New legislation is dismantling century old trusts and endowments that were supposed to continue in perpetuity. This is the raiding and plundering of historic endowments to compensate for property mortgages, pet projects, failed investments and expanded personal compensation packages, which are not for the benefit of the public and certainly not the donors' intent.
In 2006,the Uniform Law Commission (ULC) released Bush era guidelines deregulating a substantial portion of nonprofit funds. More than 40 states have adopted versions of these guidelines with very little debate and even less publicity. On June 10, 2009, NJ Governor Jon Corzine signed into law the Uniform Prudent Management of Institutional Funds Act. This law creates troubling changes in the way that charitable trusts and endowments are managed and regulated.
The use of the term "prudent" in dealing with "small funds" has resulted in an expansion of the affected funds from the ULC suggested amount of $25,000 to a high of $250,000 in New Jersey and in a number of other States. These funds become "old" after the suggested 20 years in NJ, and at least one \state has shortened the time to 10 years. Language on retroactivity is strategically vague and neglects public notification and transparency.

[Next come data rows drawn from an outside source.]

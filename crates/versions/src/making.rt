//! The roots of new lists, each made of room that is there.
ghost use Rattle.std.specs.Prelude.{◌≡◌, ◌≢◌, ◌+◌, ◌-◌, ◌^◌, ◌<◌, ◌≤◌, List, [], ◌∷◌, ◌++◌, length, take, drop, insert, remove, slice_set};
ghost use Rattle.node_heap.specs.Heap.{node_count, hold_count, quarter_holds, HasSpares};
ghost use Rattle.rrb_core.specs.declared.grow.TheConstants.{PUSH_NODES};
ghost use Rattle.rrb_core.specs.declared.replace.TheConstants.{SET_NODES};
ghost use Rattle.rrb_core.specs.Vector.{elements, IsGoodVector};
ghost use Rattle.rrb_join.specs.declared.joining.TheConstants.{SEAM_NODES};
ghost use Rattle.versions.specs.declared.making.TheConstants.{SLICE_NODES, ERASE_NODES};
ghost use Rattle.versions.specs.Roots.{Makes};
ghost use Rattle.versions.specs.Rooted.{IsListOf};

use elem_core::Element;
use node_heap::{Heap, Link};
use rrb_core::{Flex, FlexRef, TAKE_NODES, push, set};
use rrb_join::{SEAM_NODES, concat, erase, insert, slice};

// The nodes of the list without elements.
pub(crate) const EMPTY_NODES: usize = 1;

// The most nodes that a slice makes, for its end and for its begin.
pub(crate) const SLICE_NODES: usize = TAKE_NODES + SEAM_NODES;

// The most nodes that a removal makes: for the part before it, for the part behind, and to join them.
pub(crate) const ERASE_NODES: usize = TAKE_NODES + 2 * SEAM_NODES;

// The list without elements.
pub(crate) fn emptied<T: Element>(heap: &mut Heap<T>) -> Link
    requires spares { HasSpares heap.old 0 1 }
    requires few { hold_count heap.old < quarter_holds }
    ensures { Makes IsListOf heap.old heap.new result [] }
{
    match Flex::empty(heap) {
        Ok(vector) => vector.into_root(),
        Err(_) => unreachable!(),
    }
}

// The same list once more.
pub(crate) fn shared<T: Element>(heap: &mut Heap<T>, root: Link) -> Link
    requires good { IsGoodVector heap.old root }
    requires few { hold_count heap.old < quarter_holds }
    ensures { (xs : List T) → IsListOf heap.old root xs → Makes IsListOf heap.old heap.new result xs }
{
    FlexRef::at(root).share(heap).into_root()
}

// The list with the element after its last.
pub(crate) fn pushed<T: Element>(heap: &mut Heap<T>, root: Link, element: T) -> Link
    requires spares { HasSpares heap.old 1 9 }
    requires few { hold_count heap.old < quarter_holds }
    requires good { IsGoodVector heap.old root }
    requires short { length (elements heap.old root) ≢ 2 ^ 32 - 1 }
    ensures makes { (xs : List T) → IsListOf heap.old root xs → Makes IsListOf heap.old heap.new result (xs ++ element ∷ []) }
    ensures nodes { node_count heap.new ≤ node_count heap.old + PUSH_NODES }
{
    let cell = heap.cell(element);
    match push(heap, FlexRef::at(root), cell) {
        Ok(vector) => vector.into_root(),
        Err(_) => unreachable!(),
    }
}

// The list with the element at the index.
pub(crate) fn changed<T: Element>(heap: &mut Heap<T>, root: Link, index: u32, element: T) -> Link
    requires spares { HasSpares heap.old 1 8 }
    requires few { hold_count heap.old < quarter_holds }
    requires good { IsGoodVector heap.old root }
    requires inside { index < length (elements heap.old root) }
    ensures makes { (xs : List T) → IsListOf heap.old root xs → Makes IsListOf heap.old heap.new result (slice_set xs index element) }
    ensures nodes { node_count heap.new ≤ node_count heap.old + SET_NODES }
{
    let cell = heap.cell(element);
    match set(heap, FlexRef::at(root), index, cell) {
        Ok(vector) => vector.into_root(),
        Err(_) => unreachable!(),
    }
}

// The list with the element before the one at the index.
pub(crate) fn inserted<T: Element>(heap: &mut Heap<T>, root: Link, index: u32, element: T) -> Link
    requires spares { HasSpares heap.old 1 17 }
    requires few { hold_count heap.old < quarter_holds }
    requires good { IsGoodVector heap.old root }
    requires inside { index ≤ length (elements heap.old root) }
    requires short { length (elements heap.old root) ≢ 2 ^ 32 - 1 }
    ensures makes { (xs : List T) → IsListOf heap.old root xs → Makes IsListOf heap.old heap.new result (insert xs index element) }
    ensures nodes { node_count heap.new ≤ node_count heap.old + SEAM_NODES }
{
    let cell = heap.cell(element);
    match insert(heap, FlexRef::at(root), index, cell) {
        Ok(vector) => vector.into_root(),
        Err(_) => unreachable!(),
    }
}

// The elements of one list and then those of another.
pub(crate) fn joined<T: Element>(heap: &mut Heap<T>, left: Link, right: Link) -> Link
    requires spares { HasSpares heap.old 0 17 }
    requires few { hold_count heap.old < quarter_holds }
    requires left { IsGoodVector heap.old left }
    requires right { IsGoodVector heap.old right }
    requires short { length (elements heap.old left) + length (elements heap.old right) < 2 ^ 32 }
    ensures makes { (xs ys : List T) → IsListOf heap.old left xs → IsListOf heap.old right ys → Makes IsListOf heap.old heap.new result (xs ++ ys) }
    ensures nodes { node_count heap.new ≤ node_count heap.old + SEAM_NODES }
{
    match concat(heap, FlexRef::at(left), FlexRef::at(right)) {
        Ok(vector) => vector.into_root(),
        Err(_) => unreachable!(),
    }
}

// The elements from the one index to before the other.
pub(crate) fn sliced<T: Element>(heap: &mut Heap<T>, root: Link, from: u32, to: u32) -> Link
    requires spares { HasSpares heap.old 0 25 }
    requires few { hold_count heap.old < quarter_holds }
    requires good { IsGoodVector heap.old root }
    requires order { from ≤ to }
    requires inside { to ≤ length (elements heap.old root) }
    ensures makes { (xs : List T) → IsListOf heap.old root xs → Makes IsListOf heap.old heap.new result (drop from (take to xs)) }
    ensures nodes { node_count heap.new ≤ node_count heap.old + SLICE_NODES }
{
    match slice(heap, FlexRef::at(root), from, to) {
        Ok(vector) => vector.into_root(),
        Err(_) => unreachable!(),
    }
}

// The list without the element at the index.
pub(crate) fn cut_out<T: Element>(heap: &mut Heap<T>, root: Link, index: u32) -> Link
    requires spares { HasSpares heap.old 0 42 }
    requires few { hold_count heap.old < quarter_holds }
    requires good { IsGoodVector heap.old root }
    requires inside { index < length (elements heap.old root) }
    ensures makes { (xs : List T) → IsListOf heap.old root xs → Makes IsListOf heap.old heap.new result (remove xs index) }
    ensures nodes { node_count heap.new ≤ node_count heap.old + ERASE_NODES }
{
    match erase(heap, FlexRef::at(root), index, index + 1) {
        Ok(vector) => vector.into_root(),
        Err(_) => unreachable!(),
    }
}
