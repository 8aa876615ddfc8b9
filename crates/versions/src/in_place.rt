//! The roots of lists that are edited in place, each of room that is there: of the rows from the root to the place of the edit,
//! each that is alone is written, and each other is copied.
ghost use Rattle.std.specs.Prelude.{◌≡◌, ◌≢◌, ◌+◌, ◌-◌, ◌^◌, ◌<◌, ◌≤◌, List, [], ◌∷◌, ◌++◌, length, take, slice_set};
ghost use Rattle.node_heap.specs.Heap.{holds_at, hold_count, half_holds, quarter_holds, HasSpares};
ghost use Rattle.node_heap.specs.Calls.{Extends};
ghost use Rattle.node_heap.specs.declared.owner.Owner.TheVariants.{Hold as by_hold};
ghost use Rattle.node_heap.specs.Owner.{EditsBy};
ghost use Rattle.rrb_core.specs.declared.grow.TheConstants.{PUSH_NODES};
ghost use Rattle.rrb_core.specs.Vector.{elements, IsGoodVector, IsVectorOf};
ghost use Rattle.edit_vec.specs.declared.pop.TheConstants.{POP_NODES};
ghost use Rattle.versions.specs.declared.in_place.TheConstants.{SET_HERE_NODES};
ghost use Rattle.versions.specs.Roots.{Edits};
ghost use Rattle.versions.specs.Rooted.{IsListOf};

use edit_vec::{FlexEdit, OpenFault, pop_held, push_held};
use elem_core::Element;
use node_heap::{Heap, Link};
use rrb_core::{Flex, SET_NODES};

// The most nodes that a set makes, with that for a root of one's own.
pub(crate) const SET_HERE_NODES: usize = SET_NODES + 1;

// The vector, opened for edits in place.
fn opened<T: Element>(heap: &mut Heap<T>, root: Link) -> FlexEdit
    requires spares { HasSpares heap.old 0 1 }
    requires few { hold_count heap.old < half_holds }
    requires good { IsGoodVector heap.old root }
    requires held { 0 < holds_at heap.old root }
    ensures vector { IsVectorOf heap.new result (elements heap.old root) }
    ensures extends { Extends heap.old heap.new }
    ensures edits { EditsBy (by_hold root) heap.old heap.new result [] [] 0 1 }
{
    match FlexEdit::open(Flex::from_root(root), heap) {
        Ok(edit) => edit,
        Err(OpenFault { vector }) => {
            vector.into_root();
            unreachable!()
        }
    }
}

// The list with the element after its last, in place of the old one, of which a hold is spent.
pub(crate) fn pushed_here<T: Element>(heap: &mut Heap<T>, root: Link, element: T) -> Link
    requires spares { HasSpares heap.old 1 9 }
    requires few { hold_count heap.old < quarter_holds }
    requires good { IsGoodVector heap.old root }
    requires held { 0 < holds_at heap.old root }
    requires short { length (elements heap.old root) ≢ 2 ^ 32 - 1 }
    ensures edits { (xs : List T) → IsListOf heap.old root xs → Edits IsListOf heap.old heap.new root result (xs ++ element ∷ []) }
    ensures made { heap.new.made ≤ heap.old.made + (1 + PUSH_NODES) }
{
    let cell = heap.cell(element);
    push_held(heap, Flex::from_root(root), cell).into_root()
}

// The list with the element at the index, in place of the old one, of which a hold is spent.
pub(crate) fn changed_here<T: Element>(
    heap: &mut Heap<T>,
    root: Link,
    index: u32,
    element: T,
) -> Link
    requires spares { HasSpares heap.old 1 9 }
    requires few { hold_count heap.old < quarter_holds }
    requires good { IsGoodVector heap.old root }
    requires held { 0 < holds_at heap.old root }
    requires inside { index < length (elements heap.old root) }
    ensures edits { (xs : List T) → IsListOf heap.old root xs → Edits IsListOf heap.old heap.new root result (slice_set xs index element) }
    ensures made { heap.new.made ≤ heap.old.made + (1 + SET_HERE_NODES) }
{
    let cell = heap.cell(element);
    let mut edit = opened(heap, root);
    match edit.set(heap, index, cell) {
        Ok(given) => {
            heap.release(given);
            edit.freeze().into_root()
        }
        Err(_) => unreachable!(),
    }
}

// The list without its last element, in place of the old one, of which a hold is spent.
pub(crate) fn popped_here<T: Element>(heap: &mut Heap<T>, root: Link) -> Link
    requires spares { HasSpares heap.old 0 8 }
    requires few { hold_count heap.old < quarter_holds }
    requires good { IsGoodVector heap.old root }
    requires held { 0 < holds_at heap.old root }
    requires some { 0 < length (elements heap.old root) }
    ensures edits { (xs : List T) → IsListOf heap.old root xs → Edits IsListOf heap.old heap.new root result (take (length xs - 1) xs) }
    ensures made { heap.new.made ≤ heap.old.made + POP_NODES }
{
    heap.rows_form_a_graph();
    let (left, given) = pop_held(heap, Flex::from_root(root));
    heap.release(given);
    left.into_root()
}
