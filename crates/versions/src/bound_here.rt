//! The roots of maps that are edited in place.
ghost use Rattle.std.specs.Prelude.{◌≡◌, ◌+◌, ◌<◌, ◌≤◌, List, [], map, IfOk, IfErr, OnOk, OnErr};
ghost use Rattle.std.specs.FinMap.{put};
ghost use Rattle.elem_core.specs.declared.codes.TheConstants.{CODE_BITS};
ghost use Rattle.node_heap.specs.Heap.{holds_at, hold_count, half_holds, quarter_holds, HasSpares};
ghost use Rattle.node_heap.specs.Calls.{Extends};
ghost use Rattle.node_heap.specs.declared.owner.Owner.TheVariants.{Hold as by_hold};
ghost use Rattle.node_heap.specs.Owner.{EditsBy};
ghost use Rattle.champ_kinds.specs.Binding.{Binding};
ghost use Rattle.champ_kinds.specs.Kinds.{IsMapOf};
ghost use Rattle.versions.specs.Roots.{Edits};
ghost use Rattle.versions.specs.Keyed.{by_root, alike};
ghost use Rattle.versions.specs.Sorted.{remove_entry};
ghost use Rattle.versions.specs.Bound.{IsKeyMap};
ghost use Rattle.versions.specs.declared.bound_here.TheConstants.{BOUND_HERE_NODES, UNBOUND_HERE_NODES};

use crate::piece::{KeyOf, Piece};
use champ_kinds::{INSERT_NODES, Map};
use champ_trie::look_up;
use edit_trie::{MapOpenFault, TrieEdit};
use elem_core::{CODE_BITS, Element, LEVELS, NoMemory, Probe};
use node_heap::{Heap, Link};

// The most nodes that an insertion makes beside one for each key with the same code, with that for a root of one's own.
pub(crate) const BOUND_HERE_NODES: usize = INSERT_NODES + 1;

// The same of a removal.
pub(crate) const UNBOUND_HERE_NODES: usize = LEVELS as usize + 1;

// The map of a root, opened for edits in place.
fn opened<T: Element>(heap: &mut Heap<T>, root: Link) -> TrieEdit
    requires spares { HasSpares heap.old 0 1 }
    requires few { hold_count heap.old < half_holds }
    requires held { 0 < holds_at heap.old root }
    requires map { (M : List (Binding T)) × IsMapOf T.cmp T.code_of heap.old (by_root root) M }
    ensures bits { result.bits ≡ CODE_BITS }
    ensures extends { Extends heap.old heap.new }
    ensures edits { EditsBy (by_hold root) heap.old heap.new result.root [] [] 0 1 }
    ensures map { (M : List (Binding T)) → IsMapOf T.cmp T.code_of heap.old (by_root root) M → IsMapOf T.cmp T.code_of heap.new result M }
{
    match TrieEdit::open(Map::from_root(root, CODE_BITS), heap) {
        Ok(edit) => edit,
        Err(MapOpenFault { map }) => {
            map.into_root();
            unreachable!()
        }
    }
}

// The map with the value at the key, in place of the old one, of which a hold is spent. Err gives both back where memory
// runs out.
pub(crate) fn bound_here<K: Element, V: Ord + Drop>(
    heap: &mut Heap<Piece<K, V>>,
    root: Link,
    key: K,
    value: V,
) -> Result<Link, (K, V)>
    requires map { (es : List (K × V)) × IsKeyMap K.cmp V.cmp K.code_of heap.old root es }
    requires few { hold_count heap.old < quarter_holds }
    requires held { 0 < holds_at heap.old root }
    ensures edits { (es : List (K × V)) → IsKeyMap K.cmp V.cmp K.code_of heap.old root es →
        IfOk result (λ l. Edits (IsKeyMap K.cmp V.cmp K.code_of) heap.old heap.new root l (put K.cmp key value es)) }
    ensures made { (es : List (K × V)) → IsKeyMap K.cmp V.cmp K.code_of heap.old root es →
        OnOk result (heap.new.made ≤ heap.old.made + (2 + BOUND_HERE_NODES + alike K.code_of key (map (λ e. e.0) es))) }
    ensures back { IfErr result (λ entry. entry ≡ (key, value)) }
    ensures refused { OnErr result (heap.new ≡ heap.old) }
{
    let found = look_up(heap, root, &KeyOf(&key), CODE_BITS);
    if heap.reserve(2, found.alike + BOUND_HERE_NODES).is_err() {
        return Err((key, value));
    }
    let cell = heap.cell(Piece::Value(value));
    let mut edit = opened(heap, root);
    match edit.insert(heap, Piece::Key(key), cell) {
        Ok(Some(given)) => {
            heap.release(given);
            Ok(edit.freeze().into_root())
        }
        Ok(None) => Ok(edit.freeze().into_root()),
        Err(_) => unreachable!(),
    }
}

// The map without the key, in place of the old one, of which a hold is spent. Err where memory runs out.
pub(crate) fn unbound_here<K: Element, V: Ord + Drop, P: Probe<K>>(
    heap: &mut Heap<Piece<K, V>>,
    root: Link,
    key: &P,
) -> Result<Link, NoMemory>
    requires map { (es : List (K × V)) × IsKeyMap K.cmp V.cmp K.code_of heap.old root es }
    requires few { hold_count heap.old < quarter_holds }
    requires held { 0 < holds_at heap.old root }
    ensures edits { (es : List (K × V)) → IsKeyMap K.cmp V.cmp K.code_of heap.old root es →
        IfOk result (λ l. Edits (IsKeyMap K.cmp V.cmp K.code_of) heap.old heap.new root l (remove_entry K.cmp es (P.stands_for key.now))) }
    ensures made { (es : List (K × V)) → IsKeyMap K.cmp V.cmp K.code_of heap.old root es →
        OnOk result (heap.new.made ≤ heap.old.made + (UNBOUND_HERE_NODES + alike K.code_of (P.stands_for key.now) (map (λ e. e.0) es))) }
    ensures refused { OnErr result (heap.new ≡ heap.old) }
{
    let probe = KeyOf(key);
    let found = look_up(heap, root, &probe, CODE_BITS);
    heap.reserve(0, found.alike + UNBOUND_HERE_NODES)?;
    let mut edit = opened(heap, root);
    match edit.remove(heap, &probe) {
        Ok(Some(given)) => {
            heap.release(given);
            Ok(edit.freeze().into_root())
        }
        Ok(None) => Ok(edit.freeze().into_root()),
        Err(_) => unreachable!(),
    }
}
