//! The elements of a version, one by one.
ghost use Rattle.std.specs.Prelude.{◌≡◌, List};
ghost use Rattle.std.specs.Iterator.{YieldsFirstRef, item_count};
ghost use Rattle.versions.specs.Rooted.{IsListOf};

use node_heap::Heap;
use rrb_core::{FlexRef, Lines};
use std::marker::Model;

/// Goes over the elements of a version, in order. It takes no memory.
#[derive(Drop)]
pub struct Items<'h, T> {
    heap: &'h Heap<T>,
    links: Lines<'h, T>,
}

impl<'h, T> Model for Items<'h, T> {
    ghost use Rattle.std.specs.Prelude.{List, filter_map, IsSome};
    ghost use Rattle.std.specs.List.{All};
    ghost use Rattle.versions.specs.Rooted.{value_at};

    ghost Value = { List T };

    ghost view = { λ i. filter_map (value_at i.heap.now) i.links };

    ghost invariant = { λ i. All (λ l. IsSome (value_at i.heap.now l)) i.links };
}

impl<'h, T> Items<'h, T> {
    // The elements of the list with this root.
    pub(crate) fn new(heap: &'h Heap<T>, vector: FlexRef) -> Items<'h, T>
        requires { (xs : List T) × IsListOf heap.now vector xs }
        ensures { (xs : List T) → IsListOf heap.now vector xs → result ≡ xs }
    {
        Items {
            heap,
            links: vector.lines(heap, 0, vector.len(heap)),
        }
    }
}

impl<'h, T> Iterator for Items<'h, T> {
    type Item = &'h T;

    ghost next_gives = { YieldsFirstRef (λ x. x) };

    ghost remaining = { item_count (λ x. x) };

    fn next(&mut self) -> Option<&'h T> {
        let link = self.links.next()?;
        self.heap.value(link)
    }
}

Liquidating the principal in countless smaller endowments that support charitable work in good times and bad will do irreparable harm to the public good that will eventually achieve infamy as a crime against the living as well as the dead.
Most significant is the transfer of oversight from the jurisdiction of the States' Courts to a political appointee - the State Attorney General - making nonprofits more vulnerable to pay-to-play and unregulated asset transfers. Ethical assumptions about prudence, motives, and human nature have subsequently been changed with lessons learned by the banking crisis, predatory lending practices, bonuses amidst bailouts and the failure of the SEC to regulate the exploitation of foundations and non-profits by Madoff.
The dismantling of New Jersey hospitals, specifically Muhlenberg Regional Medical Center, Plainfield, NJ, was facilitated by a corporate, non-profit parent company with related for-profit holdings and overlapping interests. The transfer of over a century's accumulation of assets: endowments, gifts, real estate, facilities, and equipment was done under the approval of the NJ State Government, and the NJ Attorney General's Office. The cy pres doctrine was essentially ignored.
Citizens have raised the endowment issue at state hearings, in letters to the editor, and various other venues, but all of this has fallen on deaf ears. The citizens are in affect paying tax dollars to the same state government employees who are not protecting their interests. Unless the citizen's can muster enough money to initiate a court action, all of the historic endowments will be lost forever, and a crime against the dead will have occurred. In this case, the NJ UPMIFA of 2009 had not yet been passed, but the raiding and plundering of endowments happened anyway.
How do you subvert a nonprofit corporation? Infiltrate the board, deny or even change the mission. Intentionally neglect maintenance of any property to justify demolition and make way for the developers. Muhlenberg Hospital's closing taught us that the most heavily endowed nonprofits, with control of prime real estate, are most vulnerable to special interests taking over control of the board.